Photo: Wikimedia Commons
Something quite odd has occurred on Capitol Hill concerning the NDAA.As Huffington Post‘s Michael McAuliff reported, “Congress stripped a provision Tuesday from a defence bill that aimed to shield Americans from the possibility of being imprisoned indefinitely without trial by the military. The provision was replaced with a passage that appears to give citizens little protection from indefinite detention.
The amendment to the National defence Authorization Act of 2013 was added by Sen. Dianne Feinstein (D-Calif.), but there was no similar language in the version of the bill that passed the House, and it was dumped from the final bill released Tuesday after a conference committee from both chambers worked out a unified measure.”
Although the Feinstein amendment was criticised by some of the most hardcore civil liberties advocates as inadequate, it would have at least put something in writing to prevent the abduction of US citizens by the military, without charge or trial.

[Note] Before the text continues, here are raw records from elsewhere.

// The rest of a block: a number of literal bytes, or one byte and how often it repeats.
#[derive(Clone, Copy, Debug)]
enum Block {
    Literal(usize),
    Run(u8, usize),
}

/// A position in packed bytes: the rest of a block, and the offset and the number of the packed
/// bytes behind it. A [`PackBitsReader`] is a position with its source. Each call on a position
/// takes the source as an argument, and the caller passes the same source each time.
#[derive(Clone, Copy, Debug)]
pub struct PackBitsCursor {
    block: Block,
    at: u64,
    len: u64,
}

impl Block {
    // The number of bytes left of the block.
    fn count(self) -> usize
        ensures { result ≡ count_of self }
    {
        match self {
            Block::Literal(count) | Block::Run(_, count) => count,
        }
    }
}

// Reads the byte at an offset.
#[tactic(auto, using(crate::specs::lemmas::Unpacking::byte_there, crate::specs::lemmas::Unpacking::byte_missing))]
fn read_byte<R: Source>(source: &mut R, at: u64) -> TiffResult<u8>
    ensures kept { IsKept R.contents R.failures result source.old source.new }
    ensures byte { ReadsByte (R.contents source.old).bytes at (R.failures source.old < R.failures source.new)
        result }
    ensures asked { ReadsOnly (AreReadable (R.contents source.old) at 1) result }
{
    let mut byte = [0u8; 1];
    read_exact_at(source, at, &mut byte)?;
    Ok(byte[0])
}

// Finds the next block of packed bytes. Skips headers of 128, which encode no bytes.
fn next_block<R: Source>(source: &mut R, at: u64, len: u64) -> TiffResult<Option<PackBitsCursor>>
    ensures kept { IsKept R.contents R.failures result source.old source.new }
    ensures block { Finds (R.contents source.old).bytes (unpacked_at (R.contents source.old).bytes at len)
        (R.failures source.old < R.failures source.new) result }
    ensures asked { ReadsOnly (AreReadable (R.contents source.old) at len) result }
    ensures rest { FindsLastPart at len result }
{
    let mut at = at;
    let mut len = len;
    while len > 0 {
        let header = read_byte(source, at)?;
        at += 1;
        len -= 1;
        if header < 128 {
            let block = Block::Literal(usize::from(header) + 1);
            return Ok(Some(PackBitsCursor { block, at, len }));
        }
        if header > 128 {
            if len == 0 {
                return Err(TiffError::IoError(IoKind::UnexpectedEof));
            }
            let value = read_byte(source, at)?;
            return Ok(Some(PackBitsCursor {
                block: Block::Run(value, 257 - usize::from(header)),
                at: at + 1,
                len: len - 1,
            }));
        }
    }
    Ok(None)
}

// The block of the next byte: the block of the position, or the next block where none of it is
// left.
#[tactic(auto, using(crate::specs::lemmas::Unpacking::used_up))]
fn begun_block<R: Source>(
    source: &mut R,
    offset: PackBitsCursor,
) -> TiffResult<Option<PackBitsCursor>>
    ensures kept { IsKept R.contents R.failures result source.old source.new }
    ensures block { Finds (R.contents source.old).bytes (left_at (R.contents source.old).bytes offset)
        (R.failures source.old < R.failures source.new) result }
    ensures asked { ReadsOnly (PackedReadable (R.contents source.old) offset) result }
    ensures rest { FindsLastPart offset.at offset.len result }
{
    if offset.block.count() > 0 {
        return Ok(Some(offset));
    }
    next_block(source, offset.at, offset.len)
}

// Reads bytes of a literal, as many as the source returns. Reads none only where the source or the
// packed bytes end.
fn read_literal<R: Source>(
    source: &mut R,
    offset: PackBitsCursor,
    count: usize,
    buf: &mut [u8],
) -> TiffResult<(usize, PackBitsCursor)>
    requires literal { offset.block ≡ Literal count }
    requires begun { 0 < count }
    requires some { 0 < length buf.old }
    ensures kept { IsKept R.contents R.failures result source.old source.new }
    ensures bytes { ReadsBlock (R.contents source.old).bytes offset
        (R.failures source.old < R.failures source.new) buf.old buf.new result }
    ensures asked { ReadsOnly (PackedReadable (R.contents source.old) offset) result }
    ensures rest { IfOk result (λ r. IsLastPart offset.at offset.len r.1) }
{
    let most = (count.min(buf.len()) as u64).min(offset.len) as usize;
    let n = source.read_at(offset.at, &mut buf[..most])?;
    Ok((
        n,
        PackBitsCursor {
            block: Block::Literal(count - n),
            at: offset.at + n as u64,
            len: offset.len - n as u64,
        },
    ))
}

// Writes bytes of a run.
fn repeat(
    offset: PackBitsCursor,
    value: u8,
    count: usize,
    buf: &mut [u8],
) -> (usize, PackBitsCursor)
    requires run { offset.block ≡ Run value count }
    requires begun { 0 < count }
    requires some { 0 < length buf.old }
    ensures bytes { (bytes : List ℕ)
        → GivesNext (left_at bytes offset) buf.old result.0 buf.new (left_at bytes result.1) }
    ensures rest { IsLastPart offset.at offset.len result.1 }
{
    let n = count.min(buf.len());
    buf[..n].fill(value);
    (
        n,
        PackBitsCursor {
            block: Block::Run(value, count - n),
            at: offset.at,
            len: offset.len,
        },
    )
}

// Reads bytes of a block that has some left.
fn read_block<R: Source>(
    source: &mut R,
    offset: PackBitsCursor,
    buf: &mut [u8],
) -> TiffResult<(usize, PackBitsCursor)>
    requires begun { 0 < count_of offset.block }
    requires some { 0 < length buf.old }
    ensures kept { IsKept R.contents R.failures result source.old source.new }
    ensures bytes { ReadsBlock (R.contents source.old).bytes offset
        (R.failures source.old < R.failures source.new) buf.old buf.new result }
    ensures asked { ReadsOnly (PackedReadable (R.contents source.old) offset) result }
    ensures rest { IfOk result (λ r. IsLastPart offset.at offset.len r.1) }
{
    match offset.block {
        Block::Literal(count) => read_literal(source, offset, count, buf),
        Block::Run(value, count) => Ok(repeat(offset, value, count, buf)),
    }
}

// Unpacks the first block of packed bytes to the front of a buffer. Returns the number of packed
// bytes that it used and the number of bytes that it wrote. Returns `None` where the packed bytes
// do not contain the whole block, or the buffer has no room for it.
#[tactic(auto, using(crate::proofs::Ahead::front_literal, crate::proofs::Ahead::front_nothing))]
fn unpack_block(packed: &[u8], buf: &mut [u8]) -> Option<(usize, usize)>
    requires { 1 < length packed.now }
    ensures some { IfSome result (λ r. (0 < r.0) × UnpacksFront packed.now buf.old r.0 r.1 buf.new) }
    ensures none { IfNone result (buf.new ≡ buf.old) }
{
    let header = packed[0];
    if header == 128 {
        return Some((1, 0));
    }
    if header < 128 {
        let n = usize::from(header) + 1;
        if n >= packed.len() || n > buf.len() {
            return None;
        }
        buf[..n].copy_from_slice(&packed[1..n + 1]);
        return Some((n + 1, n));
    }
    let n = 257 - usize::from(header);
    if n > buf.len() {
        return None;
    }
    buf[..n].fill(packed[1]);
    Some((2, n))
}

// Unpacks blocks of packed bytes to the front of a buffer, as many as `unpack_block` unpacks one
// after another.
#[tactic(auto, using(crate::proofs::Ahead::front_none))]
fn unpack_blocks(packed: &[u8], buf: &mut [u8]) -> (usize, usize)
    ensures { UnpacksFront packed.now buf.old result.0 result.1 buf.new }
{
    let mut used = 0;
    let mut done = 0;
    while used + 1 < packed.len() {
        match unpack_block(&packed[used..], &mut buf[done..]) {
            Some((more, n)) => {
                used += more;
                done += n;
            }
            None => return (used, done),
        }
    }
    (used, done)
}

Why Congress does not want such a thing in writing is quite troubling… and makes little sense.
I’ve been covering NDAA off and on for the past year, and many people have told me it is a “complex, delicate” situation that is beyond the understanding of your average Joe.
I don’t actually agree with this.
Our right to a trial is enshrined quite clearly in the Bill of Rights.

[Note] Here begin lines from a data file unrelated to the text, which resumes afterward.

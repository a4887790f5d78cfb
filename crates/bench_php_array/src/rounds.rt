// What is measured.
use php_array::Entries;
use php_base::Ledger;
use php_value::{Key, Text};
use std::alloc::{Alloc, Global};
use std::io;
use std::time::{Clock, Instant};

/// Nanoseconds an operation, on arrays with as many entries.
#[derive(Drop)]
pub struct Figures {
    pub entries: u32,
    pub append: u64,
    pub in_order: u64,
    pub random: u64,
    pub overwrite: u64,
    pub front: u64,
    pub back: u64,
    pub anywhere: u64,
    /// Optional values, taken out of a plain vector in the same scattered order.
    pub plain: u64,
    pub iterate: u64,
    pub texts: u64,
    /// The sum of all values that were read, so that no read is left out.
    pub sum: u64,
}

/// A number below `entries`, so that each of them comes once while `turn` goes through them.
fn scattered_place(turn: u32, entries: u32) -> u64 {
    (u64::from(turn) * 7919)
        .checked_rem(u64::from(entries))
        .unwrap_or(0)
}

/// A key among the first `entries`, in the same order.
fn scattered(turn: u32, entries: u32) -> Key {
    Key::Int(i64::try_from(scattered_place(turn, entries)).unwrap_or(0))
}

fn nanoseconds(rt: &impl Clock, start: &Instant) -> io::Result<u64> {
    let time = start.elapsed(rt)?;
    Ok(
        time.as_secs()
            .saturating_mul(1_000_000_000)
            .saturating_add(u64::from(time.subsec_nanos())),
    )
}

fn filled(alloc: Global, entries: u32) -> Entries<u32> {
    let mut ledger = Ledger { made: 0 };
    let mut array = Entries::new(alloc);
    for number in 0..entries {
        let _ = array.append(number, &mut ledger);
    }
    array
}

fn appended(rt: &(impl Clock + Alloc<A = Global>), figures: &mut Figures) -> io::Result<()> {
    let start = Instant::now(rt)?;
    let array = filled(rt.alloc(), figures.entries);
    figures.append = figures.append.saturating_add(nanoseconds(rt, &start)?);
    figures.sum = figures.sum.wrapping_add(array.len() as u64);
    Ok(())
}

fn read(rt: &impl Clock, array: &Entries<u32>, figures: &mut Figures) -> io::Result<()> {
    let start = Instant::now(rt)?;
    for number in 0..figures.entries {
        let value = array.get(&Key::Int(i64::from(number))).copied();
        figures.sum = figures.sum.wrapping_add(u64::from(value.unwrap_or(0)));
    }
    figures.in_order = figures.in_order.saturating_add(nanoseconds(rt, &start)?);
    let start = Instant::now(rt)?;
    for turn in 0..figures.entries {
        let value = array.get(&scattered(turn, figures.entries)).copied();
        figures.sum = figures.sum.wrapping_add(u64::from(value.unwrap_or(0)));
    }
    figures.random = figures.random.saturating_add(nanoseconds(rt, &start)?);
    Ok(())
}

fn overwrite(rt: &impl Clock, array: &mut Entries<u32>, figures: &mut Figures) -> io::Result<()> {
    let mut ledger = Ledger { made: 0 };
    let start = Instant::now(rt)?;
    for number in 0..figures.entries {
        let _ = array.set(Key::Int(i64::from(number)), number, &mut ledger);
    }
    figures.overwrite = figures.overwrite.saturating_add(nanoseconds(rt, &start)?);
    Ok(())
}

fn iterate(rt: &impl Clock, array: &Entries<u32>, figures: &mut Figures) -> io::Result<()> {
    let start = Instant::now(rt)?;
    let mut last = 0;
    for _ in 0..figures.entries {
        if let Some((serial, _, value)) = array.entry_after(last) {
            last = serial;
            figures.sum = figures.sum.wrapping_add(u64::from(*value));
        }
    }
    figures.iterate = figures.iterate.saturating_add(nanoseconds(rt, &start)?);
    Ok(())
}

fn remove(rt: &(impl Clock + Alloc<A = Global>), figures: &mut Figures) -> io::Result<()> {
    let mut array = filled(rt.alloc(), figures.entries);
    let start = Instant::now(rt)?;
    for _ in 0..figures.entries {
        let Some((_, Key::Int(key), _)) = array.entry_after(0) else {
            break;
        };
        let key = Key::Int(*key);
        let _ = array.remove(&key);
    }
    figures.front = figures.front.saturating_add(nanoseconds(rt, &start)?);
    let mut array = filled(rt.alloc(), figures.entries);
    let start = Instant::now(rt)?;
    for _ in 0..figures.entries {
        let _ = array.pop();
    }
    figures.back = figures.back.saturating_add(nanoseconds(rt, &start)?);
    let mut array = filled(rt.alloc(), figures.entries);
    let start = Instant::now(rt)?;
    for turn in 0..figures.entries {
        let _ = array.remove(&scattered(turn, figures.entries));
    }
    figures.anywhere = figures.anywhere.saturating_add(nanoseconds(rt, &start)?);
    Ok(())
}

/// What a scattered order costs by itself.
fn take_plain(rt: &(impl Clock + Alloc<A = Global>), figures: &mut Figures) -> io::Result<()> {
    let mut plain = Vec::new(rt.alloc());
    for number in 0..figures.entries {
        plain.push(Some(number))?;
    }
    let start = Instant::now(rt)?;
    for turn in 0..figures.entries {
        let place = scattered_place(turn, figures.entries) as usize;
        if let Some(element) = plain.get_mut(place) {
            if let Some(value) = element.take() {
                figures.sum = figures.sum.wrapping_add(u64::from(value));
            }
        }
    }
    figures.plain = figures.plain.saturating_add(nanoseconds(rt, &start)?);
    Ok(())
}

fn text_key(alloc: Global, number: u32) -> io::Result<Key> {
    let name = format!(in alloc; "key{number}")?;
    match Text::from_bytes(alloc, name.as_bytes()) {
        Ok(text) => Ok(Key::Str(text)),
        Err(_) => Ok(Key::Str(Text::empty())),
    }
}

fn read_texts(rt: &(impl Clock + Alloc<A = Global>), figures: &mut Figures) -> io::Result<()> {
    let mut ledger = Ledger { made: 0 };
    let mut array = Entries::new(rt.alloc());
    let mut keys = Vec::new(rt.alloc());
    for number in 0..figures.entries {
        let _ = array.set(text_key(rt.alloc(), number)?, number, &mut ledger);
        keys.push(text_key(rt.alloc(), number)?)?;
    }
    let start = Instant::now(rt)?;
    for key in &keys {
        let value = array.get(key).copied();
        figures.sum = figures.sum.wrapping_add(u64::from(value.unwrap_or(0)));
    }
    figures.texts = figures.texts.saturating_add(nanoseconds(rt, &start)?);
    Ok(())
}

fn each(total: u64, entries: u32, rounds: u32) -> u64 {
    total
        .checked_div(u64::from(entries) * u64::from(rounds))
        .unwrap_or(0)
}

/// Measures each operation on arrays of one size, in so many rounds.
pub fn measure(
    rt: &(impl Clock + Alloc<A = Global>),
    entries: u32,
    rounds: u32,
) -> io::Result<Figures> {
    let mut figures = Figures {
        entries,
        append: 0,
        in_order: 0,
        random: 0,
        overwrite: 0,
        front: 0,
        back: 0,
        anywhere: 0,
        plain: 0,
        iterate: 0,
        texts: 0,
        sum: 0,
    };
    for _ in 0..rounds {
        appended(rt, &mut figures)?;
        let mut array = filled(rt.alloc(), entries);
        read(rt, &array, &mut figures)?;
        overwrite(rt, &mut array, &mut figures)?;
        iterate(rt, &array, &mut figures)?;
        remove(rt, &mut figures)?;
        take_plain(rt, &mut figures)?;
        read_texts(rt, &mut figures)?;
    }
    figures.append = each(figures.append, entries, rounds);
    figures.in_order = each(figures.in_order, entries, rounds);
    figures.random = each(figures.random, entries, rounds);
    figures.overwrite = each(figures.overwrite, entries, rounds);
    figures.front = each(figures.front, entries, rounds);
    figures.back = each(figures.back, entries, rounds);
    figures.anywhere = each(figures.anywhere, entries, rounds);
    figures.plain = each(figures.plain, entries, rounds);
    figures.iterate = each(figures.iterate, entries, rounds);
    figures.texts = each(figures.texts, entries, rounds);
    Ok(figures)
}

And the legislation as it stands now would allow members of the government to silence critics — journalists, Wikileaks-funding millionaires, people critical of our drone strikes on children — by merely suspecting them of terrorism. With no burden of proof needed. “Terrorism,” it seems, is the new McCarthy-style buzzword to discredit and silence any political opponent.
As the highest rated comment on the Huffington Post article, by user AddledCentrist, put it: “In plain English that means once someone has been labelled an enemy combatant, OR the evidence used to arrest and detain them is ‘security sensitive,’ the courts and defence counsel can neither access evidence, nor challenge said detention on evidentiary grounds.

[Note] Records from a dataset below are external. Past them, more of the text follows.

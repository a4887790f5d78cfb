// Runs of scripts whose forms are all told come to an end.
#![tactic(auto)]

pub mod laws;
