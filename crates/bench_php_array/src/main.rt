// Measures ordered arrays: nanoseconds an operation, for arrays of several sizes. Without words on the
// command line it does one small round and prints a fixed line.
#![tactic(auto)]

mod rounds;

use php_value::Key;
use rounds::{Figures, measure};
use std::mem::size_of;
use std::{env, io};

/// About as many operations are measured for each figure.
const OPERATIONS: u32 = 2_000_000;

const SMALL: u32 = 1_000;

const LARGE: u32 = 100_000;

const SIZES: [u32; 3] = [10_000, LARGE, 1_000_000];

fn main(rt: HostRuntime) -> io::Result<()> {
    if env::args(&rt)?.count() < 2 {
        let figures = measure(&rt, 100, 1)?;
        println!(rt; "one round of {} entries", figures.entries)?;
        return Ok(());
    }
    // An entry has a serial and a key, and its value a tag. A map has the key again, the place, the hash
    // and its part of the table.
    let packed = 16 + size_of::<Key>();
    let hashed = packed + size_of::<Key>() + size_of::<usize>() + 16;
    println!(rt;
        "bytes an entry beside the value: {packed} where a key tells its place, else {hashed}"
    )?;
    println!(rt;
        "entries append in_order random overwrite pop_front pop_back pop_random plain_random iterate text_keys"
    )?;
    let small = measure(&rt, SMALL, OPERATIONS / SMALL)?;
    print_figures(&rt, &small)?;
    for entries in SIZES {
        let figures = measure(&rt, entries, OPERATIONS / entries)?;
        print_figures(&rt, &figures)?;
        if entries == LARGE {
            print_ratios(&rt, &small, &figures)?;
        }
    }
    Ok(())
}

/// How many hundredths of one time another is.
fn hundredths(small: u64, large: u64) -> u64 {
    large.saturating_mul(100).checked_div(small).unwrap_or(0)
}

fn print_ratios(rt: &impl Print, small: &Figures, large: &Figures) -> io::Result<()> {
    println!(rt;
        "{LARGE} to {SMALL} in hundredths: append {} overwrite {} pop_front {} pop_back {} pop_random {} plain_random {} iterate {}",
        hundredths(small.append, large.append),
        hundredths(small.overwrite, large.overwrite),
        hundredths(small.front, large.front),
        hundredths(small.back, large.back),
        hundredths(small.anywhere, large.anywhere),
        hundredths(small.plain, large.plain),
        hundredths(small.iterate, large.iterate)
    )
}

fn print_figures(rt: &impl Print, figures: &Figures) -> io::Result<()> {
    println!(rt;
        "{} {} {} {} {} {} {} {} {} {} {}",
        figures.entries,
        figures.append,
        figures.in_order,
        figures.random,
        figures.overwrite,
        figures.front,
        figures.back,
        figures.anywhere,
        figures.plain,
        figures.iterate,
        figures.texts
    )
}
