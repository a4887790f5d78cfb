// What the calls of a memory answer.
use crate::names::{Block, Obj};
use php_value::Text;

/// Whether a place was there to be read.
#[derive(Clone, Copy, Debug, Eq, PartialEq)]
pub enum Read {
    Found,
    Absent,
}

/// How a write went. All but `Done` leave the memory as it was.
#[derive(Clone, Copy, Debug, Eq, PartialEq)]
pub enum Wrote {
    Done,
    /// A step leads into a bool, an int, a string or an object.
    NotArray,
    /// A step appends, and the array has no next key.
    Full,
    /// A new entry is needed, and the array can have none.
    Limit,
}

/// Why no object was made.
#[derive(Clone, Copy, Debug, Eq, PartialEq)]
pub enum NoObject {
    /// All object numbers are used up.
    Limit,
    NoMemory,
}

/// Why a release stopped.
#[derive(Clone, Copy, Debug, Eq, PartialEq)]
pub enum Fallen {
    /// Nothing is left to be released.
    Nothing,
    /// The destructor of this object is to be run. The object stays the first falling item.
    Destroy(Obj),
    /// This frame of a generator, whose object goes, is to be released first.
    Frame(Block),
}

/// How far a path leads.
#[derive(Clone, Copy)]
pub struct Met<'a> {
    /// How many of its steps lead somewhere.
    pub steps: usize,
    /// What stands where the last of these leads, or where the path begins.
    pub end: Peek<'a>,
}

/// What stands at a place.
#[derive(Clone, Copy)]
pub enum Peek<'a> {
    Absent,
    Null,
    Bool(bool),
    Int(i64),
    Str(&'a Text),
    /// An array of so many entries.
    Arr(usize),
    Obj(Obj),
}
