// What a memory numbers.

/// A variable's name, by the number that the compiler gave it.
#[derive(Clone, Copy, Debug, Eq, PartialEq)]
pub struct Name(pub u32);

/// What holds the variables and the temporaries of one call.
#[derive(Clone, Copy, Debug, Eq, PartialEq)]
pub struct Block(pub usize);

/// An object. The first one is 1, and no number is used twice.
#[derive(Clone, Copy, Debug, Eq, PartialEq)]
pub struct Obj(pub u64);

/// A variable that outlives every call: a static member, a constant's value, a `static` of a body.
#[derive(Clone, Copy, Debug, Eq, PartialEq)]
pub struct StaticId(pub usize);
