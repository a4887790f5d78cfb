// The worked examples of the model.
ghost use Rattle.php_memdef.specs.ExamplesOfCalls.{CallExamples};
ghost use Rattle.php_memdef.specs.Examples.{AliasExamples, ReadExamples, ReleaseExamples, WriteExamples};

/// Small programs come to what they should.
pub fn worked_examples()
    ensures aliases { AliasExamples }
    ensures writes { WriteExamples }
    ensures reads { ReadExamples }
    ensures releases { ReleaseExamples }
    ensures calls { CallExamples }
{}
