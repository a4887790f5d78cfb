// The steps of a place.
ghost use Rattle.std.specs.Prelude.{◌≡◌, ◌<◌, [], ◌∷◌, ◌++◌, length, slice_get, Some, IfOk, IfNone, IfSome, OnOk, OnErr};

use crate::place::Step;
use php_base::NoMemory;
use std::alloc::Global;
use std::marker::Model;

/// The steps that lead from a base to a place, the first one first.
#[derive(Drop)]
pub struct Path {
    steps: Vec<Step>,
}

impl Model for Path {
    ghost use Rattle.std.specs.Prelude.{List};
    ghost use Rattle.php_memdef.specs.declared.place.Step.{Step};

    ghost Value = { List Step };

    ghost view = { λ p. p.steps.items };
}

impl Path {
    /// The path without steps.
    pub fn new(alloc: Global) -> Path
        ensures { result ≡ [] }
    {
        Path {
            steps: Vec::new(alloc),
        }
    }

    /// Adds a step at the end. A refused step is dropped.
    pub fn push(&mut self, step: Step) -> Result<(), NoMemory>
        ensures ok { OnOk result (self.new ≡ self.old ++ step ∷ []) }
        ensures no_memory { OnErr result (self.new ≡ self.old) }
    {
        self.steps.push(step)?;
        Ok(())
    }

    /// Takes the last step off. It answers `None` exactly for the path without steps.
    pub fn pop(&mut self) -> Option<Step>
        ensures last { IfSome result (λ step. self.old ≡ self.new ++ step ∷ []) }
        ensures empty { IfNone result ((self.old ≡ []) × (self.new ≡ [])) }
    {
        self.steps.pop()
    }

    /// The number of steps.
    pub fn len(&self) -> usize
        ensures { result ≡ length self.now }
    {
        self.steps.len()
    }

    /// The step at a place, the first one at 0.
    pub fn step(&self, at: usize) -> &Step
        requires { at < length self.now }
        ensures { slice_get self.now at ≡ Some result.now }
    {
        &self.steps[at]
    }

    /// Takes all steps off. The memory that they stood in is kept for the next ones.
    pub fn clear(&mut self)
        ensures { self.new ≡ [] }
    {
        self.steps.clear();
    }

    /// A path with equal steps. Their texts are shared.
    pub(crate) fn copy(&self) -> Result<Path, NoMemory>
        ensures { IfOk result (λ path. path ≡ self.now) }
    {
        let mut path = Path::new(*self.steps.allocator());
        for step in &self.steps {
            path.push(step.copy()?)?;
        }
        Ok(path)
    }
}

Conclusion; Habeas Corpus is no longer relevant once ‘terrorism’ has been invoked by the State. Due Process is no longer relevant as defence is universally refused access to ‘evidence’ and the courts have upheld the States interest in withholding said evidence.
In practice; The State has the power to grab any citizen off the street, detain them without hearing of probable cause indefinately and try them in secret without ever having disclosed to the defence, the evidence, sources or sealed testimony in support of such arrest, ‘trial,’ and conviction. It also perfectly and absolutely creates an infallible estoppel to appeal.
No matter how you feel about terrorism or law and order, this should send shivers down the spines of every American. If history has taught us anything, it’s that such broad ranging, unchecked power is ALWAYS abused.